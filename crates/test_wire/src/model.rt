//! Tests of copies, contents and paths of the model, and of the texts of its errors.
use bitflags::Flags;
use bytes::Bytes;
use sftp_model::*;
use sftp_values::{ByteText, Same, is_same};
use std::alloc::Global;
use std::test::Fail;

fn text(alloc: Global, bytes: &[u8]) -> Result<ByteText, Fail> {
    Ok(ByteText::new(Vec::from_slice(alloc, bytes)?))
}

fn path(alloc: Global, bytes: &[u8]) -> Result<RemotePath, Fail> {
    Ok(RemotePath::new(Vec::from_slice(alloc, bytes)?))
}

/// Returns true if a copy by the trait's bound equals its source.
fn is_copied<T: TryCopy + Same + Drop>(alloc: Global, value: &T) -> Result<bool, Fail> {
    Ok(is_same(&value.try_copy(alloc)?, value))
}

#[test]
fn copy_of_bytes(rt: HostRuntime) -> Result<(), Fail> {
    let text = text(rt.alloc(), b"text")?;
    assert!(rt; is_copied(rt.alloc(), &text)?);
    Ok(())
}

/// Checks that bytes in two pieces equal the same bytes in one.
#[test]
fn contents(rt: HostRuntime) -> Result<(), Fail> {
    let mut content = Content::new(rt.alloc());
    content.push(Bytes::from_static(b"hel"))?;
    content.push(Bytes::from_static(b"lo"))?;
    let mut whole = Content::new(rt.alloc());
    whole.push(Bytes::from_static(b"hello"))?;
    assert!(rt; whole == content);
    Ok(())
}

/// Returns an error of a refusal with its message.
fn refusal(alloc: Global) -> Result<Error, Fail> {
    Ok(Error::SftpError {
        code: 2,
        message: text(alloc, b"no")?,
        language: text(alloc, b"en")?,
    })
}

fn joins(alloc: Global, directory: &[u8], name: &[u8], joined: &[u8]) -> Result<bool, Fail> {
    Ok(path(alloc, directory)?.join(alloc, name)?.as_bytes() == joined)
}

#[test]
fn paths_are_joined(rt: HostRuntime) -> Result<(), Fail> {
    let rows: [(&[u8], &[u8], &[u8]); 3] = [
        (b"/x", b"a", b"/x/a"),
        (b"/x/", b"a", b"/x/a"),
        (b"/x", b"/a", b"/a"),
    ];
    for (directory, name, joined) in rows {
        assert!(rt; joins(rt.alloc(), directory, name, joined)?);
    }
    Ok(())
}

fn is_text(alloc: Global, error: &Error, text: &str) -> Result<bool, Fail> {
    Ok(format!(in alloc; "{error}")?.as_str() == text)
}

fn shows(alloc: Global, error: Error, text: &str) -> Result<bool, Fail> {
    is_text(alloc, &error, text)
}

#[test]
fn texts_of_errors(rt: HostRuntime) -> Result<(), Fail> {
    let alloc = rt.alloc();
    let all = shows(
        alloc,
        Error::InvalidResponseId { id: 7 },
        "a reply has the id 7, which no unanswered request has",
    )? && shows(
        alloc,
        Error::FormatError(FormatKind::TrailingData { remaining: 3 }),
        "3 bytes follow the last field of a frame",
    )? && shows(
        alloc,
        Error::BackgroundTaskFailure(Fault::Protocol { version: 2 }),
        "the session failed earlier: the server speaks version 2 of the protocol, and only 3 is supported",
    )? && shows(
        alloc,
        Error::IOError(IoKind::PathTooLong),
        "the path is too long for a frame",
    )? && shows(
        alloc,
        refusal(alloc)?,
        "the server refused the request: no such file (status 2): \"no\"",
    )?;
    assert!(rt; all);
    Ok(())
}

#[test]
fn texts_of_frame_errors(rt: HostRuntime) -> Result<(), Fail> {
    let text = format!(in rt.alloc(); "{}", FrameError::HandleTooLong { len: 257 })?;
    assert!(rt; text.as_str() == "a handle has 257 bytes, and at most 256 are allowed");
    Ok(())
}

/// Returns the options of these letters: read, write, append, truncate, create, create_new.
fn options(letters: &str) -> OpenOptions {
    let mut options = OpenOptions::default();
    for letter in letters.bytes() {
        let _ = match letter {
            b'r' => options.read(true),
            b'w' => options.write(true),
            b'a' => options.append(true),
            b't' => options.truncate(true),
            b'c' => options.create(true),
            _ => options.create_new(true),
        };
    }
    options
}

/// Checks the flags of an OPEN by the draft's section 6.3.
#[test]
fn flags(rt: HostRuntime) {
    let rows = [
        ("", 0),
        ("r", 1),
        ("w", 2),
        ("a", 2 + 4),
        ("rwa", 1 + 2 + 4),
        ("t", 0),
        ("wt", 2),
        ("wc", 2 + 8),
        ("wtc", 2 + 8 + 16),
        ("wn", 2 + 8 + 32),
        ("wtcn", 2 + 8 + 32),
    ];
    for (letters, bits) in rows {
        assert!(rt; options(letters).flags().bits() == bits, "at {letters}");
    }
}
◇ ◇ ◇
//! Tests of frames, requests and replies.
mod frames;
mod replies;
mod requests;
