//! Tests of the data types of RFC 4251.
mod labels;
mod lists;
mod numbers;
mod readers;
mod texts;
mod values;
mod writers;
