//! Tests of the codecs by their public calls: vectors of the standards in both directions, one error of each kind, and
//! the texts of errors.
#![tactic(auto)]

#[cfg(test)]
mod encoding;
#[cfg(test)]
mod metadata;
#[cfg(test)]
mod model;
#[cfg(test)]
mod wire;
◇ ◇ ◇
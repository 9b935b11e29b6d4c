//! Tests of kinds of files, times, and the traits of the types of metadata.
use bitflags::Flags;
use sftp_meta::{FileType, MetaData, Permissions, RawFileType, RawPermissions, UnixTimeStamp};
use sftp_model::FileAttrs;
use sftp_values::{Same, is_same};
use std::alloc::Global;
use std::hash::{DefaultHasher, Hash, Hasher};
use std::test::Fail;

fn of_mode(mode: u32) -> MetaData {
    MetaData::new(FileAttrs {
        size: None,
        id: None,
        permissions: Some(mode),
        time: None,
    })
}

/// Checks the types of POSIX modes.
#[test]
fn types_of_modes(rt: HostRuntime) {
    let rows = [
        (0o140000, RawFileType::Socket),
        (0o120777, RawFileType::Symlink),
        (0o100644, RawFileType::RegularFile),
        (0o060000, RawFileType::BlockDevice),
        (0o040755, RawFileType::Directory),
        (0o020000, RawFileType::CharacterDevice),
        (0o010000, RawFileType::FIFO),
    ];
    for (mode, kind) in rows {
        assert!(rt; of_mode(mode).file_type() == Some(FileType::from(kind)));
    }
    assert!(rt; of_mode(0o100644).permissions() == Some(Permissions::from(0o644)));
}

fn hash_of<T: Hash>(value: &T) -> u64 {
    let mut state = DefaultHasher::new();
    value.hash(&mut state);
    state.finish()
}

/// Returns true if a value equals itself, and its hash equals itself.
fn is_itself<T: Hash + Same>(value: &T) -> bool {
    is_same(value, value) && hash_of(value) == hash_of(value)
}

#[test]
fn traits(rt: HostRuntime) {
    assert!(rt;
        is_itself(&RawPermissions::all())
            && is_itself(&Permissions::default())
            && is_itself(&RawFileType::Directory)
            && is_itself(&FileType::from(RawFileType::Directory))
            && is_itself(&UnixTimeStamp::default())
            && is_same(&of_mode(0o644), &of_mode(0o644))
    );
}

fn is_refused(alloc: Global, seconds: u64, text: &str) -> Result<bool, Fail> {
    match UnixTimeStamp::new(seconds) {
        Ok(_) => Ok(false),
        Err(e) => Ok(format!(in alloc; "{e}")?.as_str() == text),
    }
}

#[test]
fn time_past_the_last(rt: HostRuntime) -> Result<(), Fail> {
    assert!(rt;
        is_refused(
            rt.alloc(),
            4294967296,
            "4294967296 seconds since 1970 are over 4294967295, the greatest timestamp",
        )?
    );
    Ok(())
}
◇ ◇ ◇
| Action item |
Within the records above, each line containing "Returns" is to be returned.

| Response for this exercise |
/// Returns true if a copy by the trait's bound equals its source.
/// Returns an error of a refusal with its message.
/// Returns the options of these letters: read, write, append, truncate, create, create_new.
/// Returns true if a value equals itself, and its hash equals itself.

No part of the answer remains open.